Data section:

//! `dis`: the words of an image, listed.

ghost use Rattle.std.specs.Prelude.{◌≡◌, ℕ, List, Option, IfOk};
ghost use Rattle.pump_line.specs.Task.{disassemble};
ghost use Rattle.pump_line.specs.Told.{disassemble_value};
ghost use Rattle.pump_cli.specs.Environments.{environment};
ghost use Rattle.pump_cli.specs.Facts.{Does, PutsFaultBy, status_in};
ghost use Rattle.pump_cli.specs.Program.{outcome_of_listing};
ghost use Rattle.pump_cli.specs.Theorem.{HeadlineOf};

use crate::cut::Cut;
use crate::reading::load_image;
use crate::refusal::end_early;
use crate::status::Status;
use host_io::{Files, Sink, Source};
use image_format::Image;
use image_listing::list_image;
use pump_line::DisassembleTask;
use std::alloc::Global;

/// Lists the words of an image on standard output.
#[tactic(auto, unfolding(crate::specs::Program::outcome_of_listing))]
fn list_words<K: Sink>(image: &Image, out: &mut K) -> Result<Status, Cut>
    ensures does { (err : Option (List ℕ)) → Does (outcome_of_listing image.now)
        (record { out = K.taken out.old; err = err })
        (record { out = K.taken out.new; err = err }) result }
    ensures faults { (err : ℕ) → PutsFaultBy
        (record { out = K.faults out.old; err = err })
        (record { out = K.faults out.new; err = err }) result }
    ensures done { IfOk result (λ status. status ≡ Status.Done) }
{
    match list_image(image, out) {
        Ok(()) => Ok(Status::Done),
        Err(end) => Err(Cut::from(end)),
    }
}

/// Loads the image, and lists its words.
pub(crate) fn disassemble_task<F: Files, S: Source, K: Sink, L: Sink>(
    alloc: Global,
    task: DisassembleTask<'_>,
    files: &mut F,
    input: &mut S,
    out: &mut K,
    err: &mut L,
) -> Result<Status, Cut>
    ensures { HeadlineOf (disassemble (disassemble_value task.entry)) (status_in result)
        (environment F.tells F.held F.read_faults F.write_faults F.calls S.left S.closed S.faults
        K.taken K.faults L.taken L.faults files.old input.old out.old err.old)
        (environment F.tells F.held F.read_faults F.write_faults F.calls S.left S.closed S.faults
        K.taken K.faults L.taken L.faults files.new input.new out.new err.new) }
{
    match load_image(alloc, files, task.image) {
        Ok(image) => list_words(&image, out),
        Err(end) => end_early(err, end),
    }
}
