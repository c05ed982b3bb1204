//! The last line of a run, and its status.

ghost use Rattle.std.specs.Prelude.{◌≡◌, ℕ, List, Option, IfOk};
ghost use Rattle.host_io.specs.Causes.{PutCause};
ghost use Rattle.host_io.specs.Pieces.{Puts};
ghost use Rattle.rounds.specs.Course.{rounds};
ghost use Rattle.pump_cli.specs.Codes.{IsOfRun};
ghost use Rattle.pump_cli.specs.Endings.{has_any, is_of, is_out, last_pieces, out_at_start, outcome_of_course, status_of, status_of_stops};
ghost use Rattle.pump_cli.specs.Facts.{Does, PutsFaultBy};

use crate::cut::Cut;
use crate::status::Status;
use engine_trait::{Engine, Feed, Halt, Stop};
use host_io::{PutEnd, Sink};
use rounds::{make_rounds, stops_of};

/// A kind of stop, or none.
#[derive(Clone, Copy)]
pub(crate) enum Kind {
    /// A policy's refusal.
    Violation,
    /// A fault.
    Fault,
    /// No stop.
    Ready,
    /// An exit with another code than 0.
    NonzeroExit,
}

/// Whether the stop is of the kind.
fn is_of(kind: Kind, stop: Option<Stop>) -> bool
    ensures { result ≡ is_of kind stop }
{
    match kind {
        Kind::Violation => matches!(stop, Some(Stop::Violation { .. })),
        Kind::Fault => matches!(stop, Some(Stop::Fault(_))),
        Kind::Ready => stop.is_none(),
        Kind::NonzeroExit => match stop {
            Some(Stop::Exit(code)) => code != 0,
            _ => false,
        },
    }
}

/// Whether some stop is of the kind.
fn has_any(kind: Kind, stops: &[Option<Stop>]) -> bool
    ensures { result ≡ has_any kind stops.now }
{
    for stop in stops {
        if is_of(kind, *stop) {
            return true;
        }
    }
    false
}

/// Whether the engine ran out of tag numbers.
fn is_out(halt: Option<Halt>) -> bool
    ensures { result ≡ is_out halt }
{
    matches!(halt, Some(Halt::TagNumbers))
}

/// The status of a run that ended with these stops, of an engine that has tag numbers left.
#[tactic(auto, unfolding(crate::specs::Endings::status_of_stops))]
fn status_of_stops(stops: &[Option<Stop>]) -> Status
    ensures value { result ≡ status_of_stops stops.now }
    ensures kind { IsOfRun result }
{
    if has_any(Kind::Violation, stops) {
        Status::Violated
    } else if has_any(Kind::Fault, stops) {
        Status::Faulted
    } else if has_any(Kind::Ready, stops) {
        Status::TurnsSpent
    } else if has_any(Kind::NonzeroExit, stops) {
        Status::ExitedNonzero
    } else {
        Status::Done
    }
}

/// The status of a run that ended with these stops and for this reason.
pub(crate) fn status_of(halt: Option<Halt>, stops: &[Option<Stop>]) -> Status
    ensures value { result ≡ status_of halt stops.now }
    ensures kind { IsOfRun result }
{
    if is_out(halt) {
        Status::TagsOut
    } else {
        status_of_stops(stops)
    }
}

/// Tells that the engine ran out of tag numbers, or else that the turns ran out with a hart ready.
#[tactic(auto, unfolding(crate::specs::Endings::last_pieces))]
fn tell_last<L: Sink>(halt: Option<Halt>, stops: &[Option<Stop>], err: &mut L) -> Result<(), PutEnd>
    ensures told { (out : Option (List ℕ)) → Puts
        (record { out = out; err = L.taken err.old })
        (record { out = out; err = L.taken err.new }) (last_pieces halt stops.now) result }
    ensures cause { PutCause (L.faults err.old) (L.faults err.new) result }
{
    if is_out(halt) {
        return err.put(b"tags out\n");
    }
    let is_spent = has_any(Kind::Ready, stops);
    if is_spent {
        return err.put(b"turns spent\n");
    }
    Ok(())
}

/// Tells that an engine is out of tag numbers at its start, which ends its run.
pub(crate) fn end_at_start<L: Sink>(err: &mut L) -> Result<Status, Cut>
    ensures does { (out : Option (List ℕ)) → Does out_at_start
        (record { out = out; err = L.taken err.old })
        (record { out = out; err = L.taken err.new }) result }
    ensures faults { (out : ℕ) → PutsFaultBy
        (record { out = out; err = L.faults err.old })
        (record { out = out; err = L.faults err.new }) result }
    ensures kind { IfOk result IsOfRun }
{
    tell_last(Some(Halt::TagNumbers), &[], err)?;
    Ok(Status::TagsOut)
}

/// Runs an engine for at most so many turns, and tells how it ended.
pub(crate) fn run_engine<E: Engine, K: Sink, L: Sink>(
    limit: u64,
    engine: &mut E,
    feed: &mut Feed,
    out: &mut K,
    err: &mut L,
) -> Result<Status, Cut>
    ensures does { Does
        (outcome_of_course (rounds E.P.Tag.eq E.P.model limit 0 (E.standing engine.old) feed.old))
        (record { out = K.taken out.old; err = L.taken err.old })
        (record { out = K.taken out.new; err = L.taken err.new }) result }
    ensures faults { PutsFaultBy
        (record { out = K.faults out.old; err = L.faults err.old })
        (record { out = K.faults out.new; err = L.faults err.new }) result }
    ensures kind { IfOk result IsOfRun }
{
    make_rounds(limit, engine, feed, out, err)?;
    let stops = stops_of(engine);
    let halt = engine.halt();
    tell_last(halt, &stops, err)?;
    Ok(status_of(halt, &stops))
}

Prompt: Your task is to extract all of the records exactly.

Answer box:
//! `dis`: the words of an image, listed.

ghost use Rattle.std.specs.Prelude.{◌≡◌, ℕ, List, Option, IfOk};
ghost use Rattle.pump_line.specs.Task.{disassemble};
ghost use Rattle.pump_line.specs.Told.{disassemble_value};
ghost use Rattle.pump_cli.specs.Environments.{environment};
ghost use Rattle.pump_cli.specs.Facts.{Does, PutsFaultBy, status_in};
ghost use Rattle.pump_cli.specs.Program.{outcome_of_listing};
ghost use Rattle.pump_cli.specs.Theorem.{HeadlineOf};

use crate::cut::Cut;
use crate::reading::load_image;
use crate::refusal::end_early;
use crate::status::Status;
use host_io::{Files, Sink, Source};
use image_format::Image;
use image_listing::list_image;
use pump_line::DisassembleTask;
use std::alloc::Global;

/// Lists the words of an image on standard output.
#[tactic(auto, unfolding(crate::specs::Program::outcome_of_listing))]
fn list_words<K: Sink>(image: &Image, out: &mut K) -> Result<Status, Cut>
    ensures does { (err : Option (List ℕ)) → Does (outcome_of_listing image.now)
        (record { out = K.taken out.old; err = err })
        (record { out = K.taken out.new; err = err }) result }
    ensures faults { (err : ℕ) → PutsFaultBy
        (record { out = K.faults out.old; err = err })
        (record { out = K.faults out.new; err = err }) result }
    ensures done { IfOk result (λ status. status ≡ Status.Done) }
{
    match list_image(image, out) {
        Ok(()) => Ok(Status::Done),
        Err(end) => Err(Cut::from(end)),
    }
}

/// Loads the image, and lists its words.
pub(crate) fn disassemble_task<F: Files, S: Source, K: Sink, L: Sink>(
    alloc: Global,
    task: DisassembleTask<'_>,
    files: &mut F,
    input: &mut S,
    out: &mut K,
    err: &mut L,
) -> Result<Status, Cut>
    ensures { HeadlineOf (disassemble (disassemble_value task.entry)) (status_in result)
        (environment F.tells F.held F.read_faults F.write_faults F.calls S.left S.closed S.faults
        K.taken K.faults L.taken L.faults files.old input.old out.old err.old)
        (environment F.tells F.held F.read_faults F.write_faults F.calls S.left S.closed S.faults
        K.taken K.faults L.taken L.faults files.new input.new out.new err.new) }
{
    match load_image(alloc, files, task.image) {
        Ok(image) => list_words(&image, out),
        Err(end) => end_early(err, end),
    }
}
repository c05ed982b3bb1204
//! The last line of a run, and its status.

ghost use Rattle.std.specs.Prelude.{◌≡◌, ℕ, List, Option, IfOk};
ghost use Rattle.host_io.specs.Causes.{PutCause};
ghost use Rattle.host_io.specs.Pieces.{Puts};
ghost use Rattle.rounds.specs.Course.{rounds};
ghost use Rattle.pump_cli.specs.Codes.{IsOfRun};
ghost use Rattle.pump_cli.specs.Endings.{has_any, is_of, is_out, last_pieces, out_at_start, outcome_of_course, status_of, status_of_stops};
ghost use Rattle.pump_cli.specs.Facts.{Does, PutsFaultBy};

use crate::cut::Cut;
use crate::status::Status;
use engine_trait::{Engine, Feed, Halt, Stop};
use host_io::{PutEnd, Sink};
use rounds::{make_rounds, stops_of};

/// A kind of stop, or none.
#[derive(Clone, Copy)]
pub(crate) enum Kind {
    /// A policy's refusal.
    Violation,
    /// A fault.
    Fault,
    /// No stop.
    Ready,
    /// An exit with another code than 0.
    NonzeroExit,
}

/// Whether the stop is of the kind.
fn is_of(kind: Kind, stop: Option<Stop>) -> bool
    ensures { result ≡ is_of kind stop }
{
    match kind {
        Kind::Violation => matches!(stop, Some(Stop::Violation { .. })),
        Kind::Fault => matches!(stop, Some(Stop::Fault(_))),
        Kind::Ready => stop.is_none(),
        Kind::NonzeroExit => match stop {
            Some(Stop::Exit(code)) => code != 0,
            _ => false,
        },
    }
}

/// Whether some stop is of the kind.
fn has_any(kind: Kind, stops: &[Option<Stop>]) -> bool
    ensures { result ≡ has_any kind stops.now }
{
    for stop in stops {
        if is_of(kind, *stop) {
            return true;
        }
    }
    false
}

/// Whether the engine ran out of tag numbers.
fn is_out(halt: Option<Halt>) -> bool
    ensures { result ≡ is_out halt }
{
    matches!(halt, Some(Halt::TagNumbers))
}

/// The status of a run that ended with these stops, of an engine that has tag numbers left.
#[tactic(auto, unfolding(crate::specs::Endings::status_of_stops))]
fn status_of_stops(stops: &[Option<Stop>]) -> Status
    ensures value { result ≡ status_of_stops stops.now }
    ensures kind { IsOfRun result }
{
    if has_any(Kind::Violation, stops) {
        Status::Violated
    } else if has_any(Kind::Fault, stops) {
        Status::Faulted
    } else if has_any(Kind::Ready, stops) {
        Status::TurnsSpent
    } else if has_any(Kind::NonzeroExit, stops) {
        Status::ExitedNonzero
    } else {
        Status::Done
    }
}

/// The status of a run that ended with these stops and for this reason.
pub(crate) fn status_of(halt: Option<Halt>, stops: &[Option<Stop>]) -> Status
    ensures value { result ≡ status_of halt stops.now }
    ensures kind { IsOfRun result }
{
    if is_out(halt) {
        Status::TagsOut
    } else {
        status_of_stops(stops)
    }
}

/// Tells that the engine ran out of tag numbers, or else that the turns ran out with a hart ready.
#[tactic(auto, unfolding(crate::specs::Endings::last_pieces))]
fn tell_last<L: Sink>(halt: Option<Halt>, stops: &[Option<Stop>], err: &mut L) -> Result<(), PutEnd>
    ensures told { (out : Option (List ℕ)) → Puts
        (record { out = out; err = L.taken err.old })
        (record { out = out; err = L.taken err.new }) (last_pieces halt stops.now) result }
    ensures cause { PutCause (L.faults err.old) (L.faults err.new) result }
{
    if is_out(halt) {
        return err.put(b"tags out\n");
    }
    let is_spent = has_any(Kind::Ready, stops);
    if is_spent {
        return err.put(b"turns spent\n");
    }
    Ok(())
}

/// Tells that an engine is out of tag numbers at its start, which ends its run.
pub(crate) fn end_at_start<L: Sink>(err: &mut L) -> Result<Status, Cut>
    ensures does { (out : Option (List ℕ)) → Does out_at_start
        (record { out = out; err = L.taken err.old })
        (record { out = out; err = L.taken err.new }) result }
    ensures faults { (out : ℕ) → PutsFaultBy
        (record { out = out; err = L.faults err.old })
        (record { out = out; err = L.faults err.new }) result }
    ensures kind { IfOk result IsOfRun }
{
    tell_last(Some(Halt::TagNumbers), &[], err)?;
    Ok(Status::TagsOut)
}

/// Runs an engine for at most so many turns, and tells how it ended.
pub(crate) fn run_engine<E: Engine, K: Sink, L: Sink>(
    limit: u64,
    engine: &mut E,
    feed: &mut Feed,
    out: &mut K,
    err: &mut L,
) -> Result<Status, Cut>
    ensures does { Does
        (outcome_of_course (rounds E.P.Tag.eq E.P.model limit 0 (E.standing engine.old) feed.old))
        (record { out = K.taken out.old; err = L.taken err.old })
        (record { out = K.taken out.new; err = L.taken err.new }) result }
    ensures faults { PutsFaultBy
        (record { out = K.faults out.old; err = L.faults err.old })
        (record { out = K.faults out.new; err = L.faults err.new }) result }
    ensures kind { IfOk result IsOfRun }
{
    make_rounds(limit, engine, feed, out, err)?;
    let stops = stops_of(engine);
    let halt = engine.halt();
    tell_last(halt, &stops, err)?;
    Ok(status_of(halt, &stops))
}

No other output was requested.